----- EXTRACTED DATA -----
//! Reading a file.
ghost use Rattle.std.specs.Prelude.{◌≡◌, Some, None};
ghost use Rattle.ls_board.specs.Acts.{Sight};
ghost use Rattle.ls_board.specs.Effect.{file_at};
ghost use Rattle.ls_reading.specs.Reading.{Sees};

use ls_board::{Action, Answer, Board, BoardFault};
use ls_bytes::{Bytes, Name};
use std::alloc::Global;

/// The file that was read.
fn file_in(answer: Answer, out: Vec<u8>) -> Option<Bytes>
    ensures absent { answer ≡ Answer.Absent → result ≡ None }
    ensures there { (answer ≡ Answer.Absent → ⊥) → result ≡ Some out.items }
{
    if answer == Answer::Absent {
        None
    } else {
        Some(Bytes::from(out))
    }
}

/// Reads a file by its action.
fn read_by<B: Board>(
    alloc: Global,
    board: &mut B,
    name: &[u8],
    read: &Action,
) -> Result<Option<Bytes>, BoardFault>
    requires reads { read.now ≡ Action.Read name.now }
    ensures sees { Sees (λ w. file_at w name.now)
        (B.sight board.old) result (B.sight board.new) }
{
    board.ready(alloc, 1, 0)?;
    let mut out = Vec::new(alloc);
    let answer = board.act(read, &mut out)?;
    Ok(file_in(answer, out))
}

/// What the file of a name holds, if it is there. It makes the room for its one call.
pub fn read_file<B: Board>(
    alloc: Global,
    board: &mut B,
    name: Name,
) -> Result<Option<Bytes>, BoardFault>
    ensures sees { Sees (λ w. file_at w name)
        (B.sight board.old) result (B.sight board.new) }
{
    let text = Bytes::of(alloc, name.as_slice())?;
    read_by(alloc, board, text.as_slice(), &Action::Read { name })
}
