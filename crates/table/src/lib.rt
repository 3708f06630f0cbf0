// The command table: ONE constant of named rows (src/kinds.rt) that the plain builders, the checked builder, the decoder and the book read.
// Its numbers are proved equal to the rows of specs/Table.antt.
#![tactic(auto)]

ghost use Rattle.std.specs.Prelude.{◌≡◌, ◌/◌, ◌%◌, eqb};
ghost use Rattle.frame.specs.Layout.{put};
ghost use Rattle.table.specs.Number.{narrow_of, plain_of};
ghost use Rattle.table.specs.Table.{forms, rows, row_at, yes_no};
ghost use Rattle.table.specs.Heads.{head_at};

use frame::Field;

pub mod fields;
pub mod kinds;

// How many kinds there are, how many of them are settings, and how many settings have two forms.
// from commands.json: counts
pub const KINDS: u64 = 39;

pub const SETTINGS: usize = 29;

pub const PAIRS: usize = 3;
// end: counts

// The slot of a command that is never kept.
pub const ACTION: u32 = 255;

// The opcode stands in bytes 0 and 1 of every frame.
pub const OPCODE: u32 = 0x0010_0000;

// The row at a place of the table, and the last one past its end. A match on named rows: a table that is indexed is first built on the stack. It stays a
// call: written out in the decoder and in each of the two builders the rows would stand in the archive for C three times.
#[inline(never)]
pub fn row_at(i: usize) -> [u32; 13]
    ensures { result ≡ row_at i }
{
    match i {
        // from commands.json: row_at
        0 => kinds::ROW_1,
        1 => kinds::ROW_2,
        2 => kinds::ROW_3,
        3 => kinds::ROW_4,
        4 => kinds::ROW_5,
        5 => kinds::ROW_6,
        6 => kinds::ROW_7,
        7 => kinds::ROW_8,
        8 => kinds::ROW_9,
        9 => kinds::ROW_10,
        10 => kinds::ROW_11,
        11 => kinds::ROW_12,
        12 => kinds::ROW_13,
        13 => kinds::ROW_14,
        14 => kinds::ROW_15,
        15 => kinds::ROW_16,
        16 => kinds::ROW_17,
        17 => kinds::ROW_18,
        18 => kinds::ROW_19,
        19 => kinds::ROW_20,
        20 => kinds::ROW_21,
        21 => kinds::ROW_22,
        22 => kinds::ROW_23,
        23 => kinds::ROW_24,
        24 => kinds::ROW_25,
        25 => kinds::ROW_26,
        26 => kinds::ROW_27,
        27 => kinds::ROW_28,
        28 => kinds::ROW_29,
        29 => kinds::ROW_30,
        30 => kinds::ROW_31,
        31 => kinds::ROW_32,
        32 => kinds::ROW_33,
        33 => kinds::ROW_34,
        34 => kinds::ROW_35,
        35 => kinds::ROW_36,
        36 => kinds::ROW_37,
        37 => kinds::ROW_38,
        38.. => kinds::ROW_39,
        // end: row_at
    }
}

// The head of the row at a place of the table, and that of the last one past its end.
pub fn head_at(i: usize) -> u32
    ensures { result ≡ head_at i }
{
    match i {
        // from commands.json: head_at
        0 => kinds::HEAD_1,
        1 => kinds::HEAD_2,
        2 => kinds::HEAD_3,
        3 => kinds::HEAD_4,
        4 => kinds::HEAD_5,
        5 => kinds::HEAD_6,
        6 => kinds::HEAD_7,
        7 => kinds::HEAD_8,
        8 => kinds::HEAD_9,
        9 => kinds::HEAD_10,
        10 => kinds::HEAD_11,
        11 => kinds::HEAD_12,
        12 => kinds::HEAD_13,
        13 => kinds::HEAD_14,
        14 => kinds::HEAD_15,
        15 => kinds::HEAD_16,
        16 => kinds::HEAD_17,
        17 => kinds::HEAD_18,
        18 => kinds::HEAD_19,
        19 => kinds::HEAD_20,
        20 => kinds::HEAD_21,
        21 => kinds::HEAD_22,
        22 => kinds::HEAD_23,
        23 => kinds::HEAD_24,
        24 => kinds::HEAD_25,
        25 => kinds::HEAD_26,
        26 => kinds::HEAD_27,
        27 => kinds::HEAD_28,
        28 => kinds::HEAD_29,
        29 => kinds::HEAD_30,
        30 => kinds::HEAD_31,
        31 => kinds::HEAD_32,
        32 => kinds::HEAD_33,
        33 => kinds::HEAD_34,
        34 => kinds::HEAD_35,
        35 => kinds::HEAD_36,
        36 => kinds::HEAD_37,
        37 => kinds::HEAD_38,
        38.. => kinds::HEAD_39,
        // end: head_at
    }
}

// The whole table, built on the stack.
pub fn table() -> [[u32; 13]; KINDS as usize]
    ensures { result ≡ rows }
{
    kinds::TABLE
}

pub fn forms() -> [[u64; 2]; PAIRS]
    ensures { result ≡ forms }
{
    kinds::FORMS
}

// The field that a number says, w bits wide.
fn field(number: u32, w: u32) -> Field
    ensures { result ≡ record { first = number / 268435456; lo = number / 16777216 % 8; w = w; le = eqb (number / 134217728 % 2) 1 } }
{
    Field {
        first: (number / 0x1000_0000) as usize,
        lo: (number / 0x100_0000 % 8) as usize,
        w: w as usize,
        le: number / 0x800_0000 % 2 == 1,
    }
}

// A field as the checked builder and the decoder have it.
#[tactic(auto, unfolding(crate::specs::Number::narrow_of))]
pub fn narrow_field(number: u32) -> Field
    ensures { result ≡ narrow_of number }
{
    field(number, number / 0x1_0000 % 256)
}

// A field as the plain builder has it.
#[tactic(auto, unfolding(crate::specs::Number::plain_of))]
pub fn plain_field(number: u32) -> Field
    ensures { result ≡ plain_of number }
{
    field(number, number / 0x1_0000 % 256 + number / 0x1000 % 16)
}

// The value v, cut to the field's plain width and ORed into the frame.
pub fn put_plain(cmd: &mut [u8], number: u32, v: u64)
    ensures { cmd.new ≡ put cmd.old (plain_of number) v }
{
    frame::put(cmd, plain_field(number), v)
}

// A yes is 1, a no is 0.
pub fn yes_no(b: bool) -> u64
    ensures { result ≡ yes_no b }
{
    u64::from(b)
}
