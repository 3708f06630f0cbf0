// Made from docs/commands.json by docs/make_reference.py: the opcode and the cells of each row as constants, by the
// names of their arguments. A constant costs nothing when it is used; a row that is named is built first.
pub const K1_OP: u64 = crate::kinds::ROW_1[0] as u64;

pub const K1_SF: u32 = crate::kinds::ROW_1[4];

pub const K1_LORA_BW: u32 = crate::kinds::ROW_1[5];

pub const K1_LORA_CR: u32 = crate::kinds::ROW_1[6];

pub const K1_LDRO: u32 = crate::kinds::ROW_1[7];

pub const K1_LORA_FILTER: u32 = crate::kinds::ROW_1[8];

pub const K2_OP: u64 = crate::kinds::ROW_2[0] as u64;

pub const K2_PBL_LEN: u32 = crate::kinds::ROW_2[4];

pub const K2_PAYLOAD_LEN: u32 = crate::kinds::ROW_2[5];

pub const K2_HEADER_TYPE: u32 = crate::kinds::ROW_2[6];

pub const K2_CRC_EN: u32 = crate::kinds::ROW_2[7];

pub const K2_INVERT_IQ: u32 = crate::kinds::ROW_2[8];

pub const K3_OP: u64 = crate::kinds::ROW_3[0] as u64;

pub const K3_SYMBOLS: u32 = crate::kinds::ROW_3[4];

pub const K3_TIMEOUT_FORMAT: u32 = crate::kinds::ROW_3[5];

pub const K4_OP: u64 = crate::kinds::ROW_4[0] as u64;

pub const K4_SYNCWORD: u32 = crate::kinds::ROW_4[4];

pub const K5_OP: u64 = crate::kinds::ROW_5[0] as u64;

pub const K5_PMOD_EN: u32 = crate::kinds::ROW_5[4];

pub const K5_DRAM_RET: u32 = crate::kinds::ROW_5[5];

pub const K5_WAKEUP_TIME: u32 = crate::kinds::ROW_5[6];

pub const K5_MIN_SLEEP_TIME: u32 = crate::kinds::ROW_5[7];

pub const K6_OP: u64 = crate::kinds::ROW_6[0] as u64;

pub const K6_PMOD_EN: u32 = crate::kinds::ROW_6[4];

pub const K6_DRAM_RET: u32 = crate::kinds::ROW_6[5];

pub const K6_WAKEUP_TIME: u32 = crate::kinds::ROW_6[6];

pub const K6_MIN_SLEEP_TIME: u32 = crate::kinds::ROW_6[7];

pub const K6_ERR_THR: u32 = crate::kinds::ROW_6[8];

pub const K6_MIN_SYM: u32 = crate::kinds::ROW_6[9];

pub const K6_DETECT_TIME_SYM: u32 = crate::kinds::ROW_6[10];

pub const K6_START_OFFSET: u32 = crate::kinds::ROW_6[11];

pub const K6_END_OFFSET: u32 = crate::kinds::ROW_6[12];

pub const K7_OP: u64 = crate::kinds::ROW_7[0] as u64;

pub const K7_NB_SYMBOLS: u32 = crate::kinds::ROW_7[4];

pub const K7_PBL_ANY: u32 = crate::kinds::ROW_7[5];

pub const K7_PNR_DELTA: u32 = crate::kinds::ROW_7[6];

pub const K7_EXIT_MODE: u32 = crate::kinds::ROW_7[7];

pub const K7_TIMEOUT: u32 = crate::kinds::ROW_7[8];

pub const K7_DET_PEAK: u32 = crate::kinds::ROW_7[9];

pub const K8_OP: u64 = crate::kinds::ROW_8[0] as u64;

pub const K9_OP: u64 = crate::kinds::ROW_9[0] as u64;

pub const K10_OP: u64 = crate::kinds::ROW_10[0] as u64;

pub const K11_OP: u64 = crate::kinds::ROW_11[0] as u64;

pub const K11_ADDR_LEN: u32 = crate::kinds::ROW_11[4];

pub const K11_ADDR_POS: u32 = crate::kinds::ROW_11[5];

pub const K11_ADDR: u32 = crate::kinds::ROW_11[6];

pub const K12_OP: u64 = crate::kinds::ROW_12[0] as u64;

pub const K12_SYNC1: u32 = crate::kinds::ROW_12[4];

pub const K12_SYNC2: u32 = crate::kinds::ROW_12[5];

pub const K13_OP: u64 = crate::kinds::ROW_13[0] as u64;

pub const K13_SD1_SW1: u32 = crate::kinds::ROW_13[4];

pub const K13_SD1_SW2: u32 = crate::kinds::ROW_13[5];

pub const K13_SD2_SW1: u32 = crate::kinds::ROW_13[6];

pub const K13_SD2_SW2: u32 = crate::kinds::ROW_13[7];

pub const K13_SD3_SW1: u32 = crate::kinds::ROW_13[8];

pub const K13_SD3_SW2: u32 = crate::kinds::ROW_13[9];

pub const K14_OP: u64 = crate::kinds::ROW_14[0] as u64;

pub const K14_TIMING_SYNC_MODE: u32 = crate::kinds::ROW_14[4];

pub const K14_DIO_NUM: u32 = crate::kinds::ROW_14[5];

pub const K15_OP: u64 = crate::kinds::ROW_15[0] as u64;

pub const K15_THR_GAIN: u32 = crate::kinds::ROW_15[4];

pub const K15_THR: u32 = crate::kinds::ROW_15[5];

pub const K15_LVL_GAIN: u32 = crate::kinds::ROW_15[6];

pub const K15_DETECT: u32 = crate::kinds::ROW_15[7];

pub const K15_RSSI_THR: u32 = crate::kinds::ROW_15[8];

pub const K16_OP: u64 = crate::kinds::ROW_16[0] as u64;

pub const K16_BITRATE: u32 = crate::kinds::ROW_16[4];

pub const K16_PULSE_SHAPE: u32 = crate::kinds::ROW_16[5];

pub const K16_RX_BW: u32 = crate::kinds::ROW_16[6];

pub const K16_FDEV: u32 = crate::kinds::ROW_16[7];

pub const K17_OP: u64 = crate::kinds::ROW_17[0] as u64;

pub const K17_PBL_LEN_TX: u32 = crate::kinds::ROW_17[4];

pub const K17_PBL_LEN_DETECT: u32 = crate::kinds::ROW_17[5];

pub const K17_PBL_LONG: u32 = crate::kinds::ROW_17[6];

pub const K17_PLD_LEN_UNIT: u32 = crate::kinds::ROW_17[7];

pub const K17_ADDR_COMP: u32 = crate::kinds::ROW_17[8];

pub const K17_FSK_PKT_FORMAT: u32 = crate::kinds::ROW_17[9];

pub const K17_PLD_LEN: u32 = crate::kinds::ROW_17[10];

pub const K17_CRC: u32 = crate::kinds::ROW_17[11];

pub const K17_DC_FREE: u32 = crate::kinds::ROW_17[12];

pub const K18_OP: u64 = crate::kinds::ROW_18[0] as u64;

pub const K18_WHITEN_TYPE: u32 = crate::kinds::ROW_18[4];

pub const K18_INIT: u32 = crate::kinds::ROW_18[5];

pub const K19_OP: u64 = crate::kinds::ROW_19[0] as u64;

pub const K19_POLYNOM: u32 = crate::kinds::ROW_19[4];

pub const K19_INIT: u32 = crate::kinds::ROW_19[5];

pub const K20_OP: u64 = crate::kinds::ROW_20[0] as u64;

pub const K20_SYNCWORD: u32 = crate::kinds::ROW_20[4];

pub const K20_BIT_ORDER: u32 = crate::kinds::ROW_20[5];

pub const K20_NB_BITS: u32 = crate::kinds::ROW_20[6];

pub const K21_OP: u64 = crate::kinds::ROW_21[0] as u64;

pub const K21_ADDR_NODE: u32 = crate::kinds::ROW_21[4];

pub const K21_ADDR_BCAST: u32 = crate::kinds::ROW_21[5];

pub const K22_OP: u64 = crate::kinds::ROW_22[0] as u64;

pub const K23_OP: u64 = crate::kinds::ROW_23[0] as u64;

pub const K24_OP: u64 = crate::kinds::ROW_24[0] as u64;

pub const K24_RF_FREQ: u32 = crate::kinds::ROW_24[4];

pub const K25_OP: u64 = crate::kinds::ROW_25[0] as u64;

pub const K25_RX_PATH: u32 = crate::kinds::ROW_25[4];

pub const K26_OP: u64 = crate::kinds::ROW_26[0] as u64;

pub const K26_RX_PATH: u32 = crate::kinds::ROW_26[4];

pub const K26_RX_BOOST: u32 = crate::kinds::ROW_26[5];

pub const K27_OP: u64 = crate::kinds::ROW_27[0] as u64;

pub const K27_PA_SEL: u32 = crate::kinds::ROW_27[4];

pub const K27_PA_LF_MODE: u32 = crate::kinds::ROW_27[5];

pub const K27_PA_LF_DUTY_CYCLE: u32 = crate::kinds::ROW_27[6];

pub const K27_PA_LF_SLICES: u32 = crate::kinds::ROW_27[7];

pub const K28_OP: u64 = crate::kinds::ROW_28[0] as u64;

pub const K28_PA_SEL: u32 = crate::kinds::ROW_28[4];

pub const K28_PA_LF_MODE: u32 = crate::kinds::ROW_28[5];

pub const K28_PA_LF_DUTY_CYCLE: u32 = crate::kinds::ROW_28[6];

pub const K28_PA_LF_SLICES: u32 = crate::kinds::ROW_28[7];

pub const K28_PA_HF_DUTY_CYCLE: u32 = crate::kinds::ROW_28[8];

pub const K29_OP: u64 = crate::kinds::ROW_29[0] as u64;

pub const K29_RX_TIMEOUT: u32 = crate::kinds::ROW_29[4];

pub const K30_OP: u64 = crate::kinds::ROW_30[0] as u64;

pub const K30_TX_TIMEOUT: u32 = crate::kinds::ROW_30[4];

pub const K31_OP: u64 = crate::kinds::ROW_31[0] as u64;

pub const K31_PA_SEL: u32 = crate::kinds::ROW_31[4];

pub const K32_OP: u64 = crate::kinds::ROW_32[0] as u64;

pub const K32_RX_MAX_TIME: u32 = crate::kinds::ROW_32[4];

pub const K32_CYCLE_TIME: u32 = crate::kinds::ROW_32[5];

pub const K32_USE_LORA_CAD: u32 = crate::kinds::ROW_32[6];

pub const K32_DRAM_RET: u32 = crate::kinds::ROW_32[7];

pub const K33_OP: u64 = crate::kinds::ROW_33[0] as u64;

pub const K33_CLEAR: u32 = crate::kinds::ROW_33[4];

pub const K33_AUTO_TXRX_MODE: u32 = crate::kinds::ROW_33[5];

pub const K33_TIMEOUT: u32 = crate::kinds::ROW_33[6];

pub const K33_DELAY: u32 = crate::kinds::ROW_33[7];

pub const K34_OP: u64 = crate::kinds::ROW_34[0] as u64;

pub const K34_RX_TIMEOUT: u32 = crate::kinds::ROW_34[4];

pub const K34_TX_TIMEOUT: u32 = crate::kinds::ROW_34[5];

pub const K35_OP: u64 = crate::kinds::ROW_35[0] as u64;

pub const K35_TIMESTAMP_INDEX: u32 = crate::kinds::ROW_35[4];

pub const K35_TIMESTAMP_SOURCE: u32 = crate::kinds::ROW_35[5];

pub const K36_OP: u64 = crate::kinds::ROW_36[0] as u64;

pub const K36_DURATION: u32 = crate::kinds::ROW_36[4];

pub const K37_OP: u64 = crate::kinds::ROW_37[0] as u64;

pub const K37_DURATION: u32 = crate::kinds::ROW_37[4];

pub const K37_GAIN: u32 = crate::kinds::ROW_37[5];

pub const K38_OP: u64 = crate::kinds::ROW_38[0] as u64;

pub const K38_GAIN_STEP: u32 = crate::kinds::ROW_38[4];

pub const K39_OP: u64 = crate::kinds::ROW_39[0] as u64;

pub const K39_CAD_TIMEOUT: u32 = crate::kinds::ROW_39[4];

pub const K39_THRESHOLD: u32 = crate::kinds::ROW_39[5];

pub const K39_EXIT_MODE: u32 = crate::kinds::ROW_39[6];

pub const K39_TRX_TIMEOUT: u32 = crate::kinds::ROW_39[7];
-----
→ **ACTIVITY**
Please transcribe the data above without changes, from its first line to its "if answer == Answer::Absent" line, and leave out anything past that.

→ **RESULT OF THIS TASK**
//! Reading a file.
ghost use Rattle.std.specs.Prelude.{◌≡◌, Some, None};
ghost use Rattle.ls_board.specs.Acts.{Sight};
ghost use Rattle.ls_board.specs.Effect.{file_at};
ghost use Rattle.ls_reading.specs.Reading.{Sees};

use ls_board::{Action, Answer, Board, BoardFault};
use ls_bytes::{Bytes, Name};
use std::alloc::Global;

/// The file that was read.
fn file_in(answer: Answer, out: Vec<u8>) -> Option<Bytes>
    ensures absent { answer ≡ Answer.Absent → result ≡ None }
    ensures there { (answer ≡ Answer.Absent → ⊥) → result ≡ Some out.items }
{
    if answer == Answer::Absent {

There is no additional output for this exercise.